Impact of birth order is one that was discussed and is seen in various ways throughout my siblings and I. They say that first born children have characteristics of ambition, and Type A personalities. They are often perfectionists and responsible. This is partially true for my sister who was first born but differs in many ways too. She was responsible and had a type A personality but one thing Conley spoke about was that these individuals are at times socially awkward. My older sister is definitely not that. She is very outgoing and a huge people person. This would show that there must be other factors than birth order that have to do with characteristics she possesses. I am the middle and although I do posses characteristics such as people pleasing, mediator, neglect, I became the oldest at 12 once my sister moved out. This definitely shows a relation in number of years between siblings and characteristics among birth order. With becoming the oldest I possessed more first born characteristics than my oldest sister. I am definitely more ambitious in the idea that although she went to college she hasn’t finished and I’m further off in my education than she was. She tends to bounce around from job to job while I know exactly what it is I want to do and don’t want too much change. My brother being the last born and youngest does posses most traits of that birth order. He is creative, funny, rebellious, and lazy. Although these characteristics seem mostly true for my family, there were many circumstances that defy our differences rather than birth order alone. As Conley mentioned birth order is “overrated.”

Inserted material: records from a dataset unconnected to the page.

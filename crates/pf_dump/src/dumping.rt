//! A configuration as a script.

ghost use Rattle.std.specs.Prelude.{◌≡◌, true, IfOk, IfSome, IfNone};
ghost use Rattle.pf_dump.specs.Scripts.{Gives};
ghost use Rattle.pf_dump.specs.Done.{IsDoneTo};
ghost use Rattle.pf_dump.specs.Written.{script_of};

use crate::replay::replayed;
use crate::same::is_same;
use crate::script::script_of;
use pf_config::Config;
use std::alloc::{AllocError, Global};

/// Whether a script of `ctl`'s form, done on an empty configuration, gives this one: each of its lines is a change, a
/// ruleset in it has an end, and it leaves the same skipped interfaces, rules and tables at the same paths.
pub fn gives(alloc: Global, script: &[u8], config: &Config) -> Result<bool, AllocError>
    ensures gives { IfOk result (λ b. b ≡ true → Gives script.now config.now) }
    ensures done { IfOk result (λ b. b ≡ true → IsDoneTo script.now config.now) }
    ensures back { IfOk result (λ b. IsDoneTo script.now config.now → b ≡ true) }
{
    match replayed(alloc, script)? {
        Some(made) => is_same(alloc, &made, config),
        None => Ok(false),
    }
}

/// A script that gives the configuration: one load a path, and before it the entries of its tables where its text would
/// be too long with them. None exactly where that script doesn't give it: where a path's rules are too long for an
/// entry as they are shown.
pub fn dump(alloc: Global, config: &Config) -> Result<Option<Vec<u8>>, AllocError>
    ensures gives { IfOk result (λ o. IfSome o (λ s. Gives s.items config.now)) }
    ensures done { IfOk result (λ o. IfSome o (λ s. IsDoneTo s.items config.now)) }
    ensures script { IfOk result (λ o. IfSome o (λ s. s.items ≡ script_of config.now)) }
    ensures none { IfOk result (λ o. IfNone o (IsDoneTo (script_of config.now) config.now → ⊥)) }
{
    let script = script_of(alloc, config)?;
    let is_good = gives(alloc, &script, config)?;
    Ok(is_good.then_some(script))
}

In conclusion, the differences among siblings have a variety of factors that can come along with it. Conley mentioned families with more money have less disparity while families with less money have more disparity. The reasoning behind this? Simply the idea of the factors mentioned above. Distribution of resources is slim when there isn’t much money involved and at times parents can be seen to put more effort into providing an education for the child who has more potential to succeed. For example, although now my family is better off than when I was younger, we definitely can’t afford to send everyone to private school. I was fortunate enough to come to Baylor and because my parents know that I am more ambitious and willing to succeed they found ways to make it work. My oldest sister didn’t get that opportunity because of money and a few other circumstances and my mother has made it apparent that she wouldn’t send my brother to a four year school because he simply doesn’t care enough about school to try to succeed. Therefore, the most effort is being used to help me through school. At times my siblings get upset because I have a better opportunity to succeed then they do or did but if my families money was unlimited, they might of gotten a better chance to attend a school like me. Since that is not the issue, it definitely can cause disparity among my siblings and I. Before exploring this issue, I hadn’t given much thought about birth order or other factors relating to sibling differences. The interview with Dr. Conley and our discussion has shown me the different ways siblings can be treated not by their birth order characteristics but by a number of different factors. Distribution of resources may result by a parents socioeconomic status changing between children, impact of the family size and gender also have a lot of determination on sibling differences. One of the main points I carried away from this was the idea that the fewer children one has, the more resources the parents are able to give. Income also played a huge role in determining sibling differences but it was interesting to learn about differences resulting from factors other than the social norm of birth order.

Siblings and birth order

Filed under: SOC3354 — michelled at 8:22 pm on Thursday, November 17, 2011

The last few classes that we have spent learning about the different qualities between birth order has really intrigued me. We have found that within our society today there are certain qualities that may be relevant to the first, middle, and last born child. Qualities among first born children have been seen as ambitious, type A, perfectionists, responsible, etc. In my own personal situation, I find this interesting because I have a an older sister and there’s a six year age difference between us. When I was younger she had most of these qualities. She did well in school and always had her head on straight, so to speak. My mom always talked about how she made such good grades and yeah. Basically she was implementing that my brother and I should take after her. At the time, him and I both didn’t care too much about school. I didn’t try as hard as she did. The qualities for a middle child, which was my role, (mediator, neglected, “awk” people pleasing) were definitely some that I possessed. I was always trying to make my siblings happy, and if we ever fought, I usually was the one to fix things. That happened to change when my sister moved out. I was about 12 when she left home so I had a decent amount of time taking over the role of the oldest sibling. It’s crazy to think that now I can say I have almost all of the qualities as the first born child. I am a perfectionist, definitely have a type A personality, and being in college at Baylor I’d say explains the ambition that I have to succeed. With that being said, I still have some qualities as the middle child but its interesting how the roles can change. My brother on the other hand definitely has qualities of the last born. Common descriptions we discussed for this child were laziness, rebellious, spoiled, creative, funny, outgoing, etc. Without a doubt he possesses every one of those.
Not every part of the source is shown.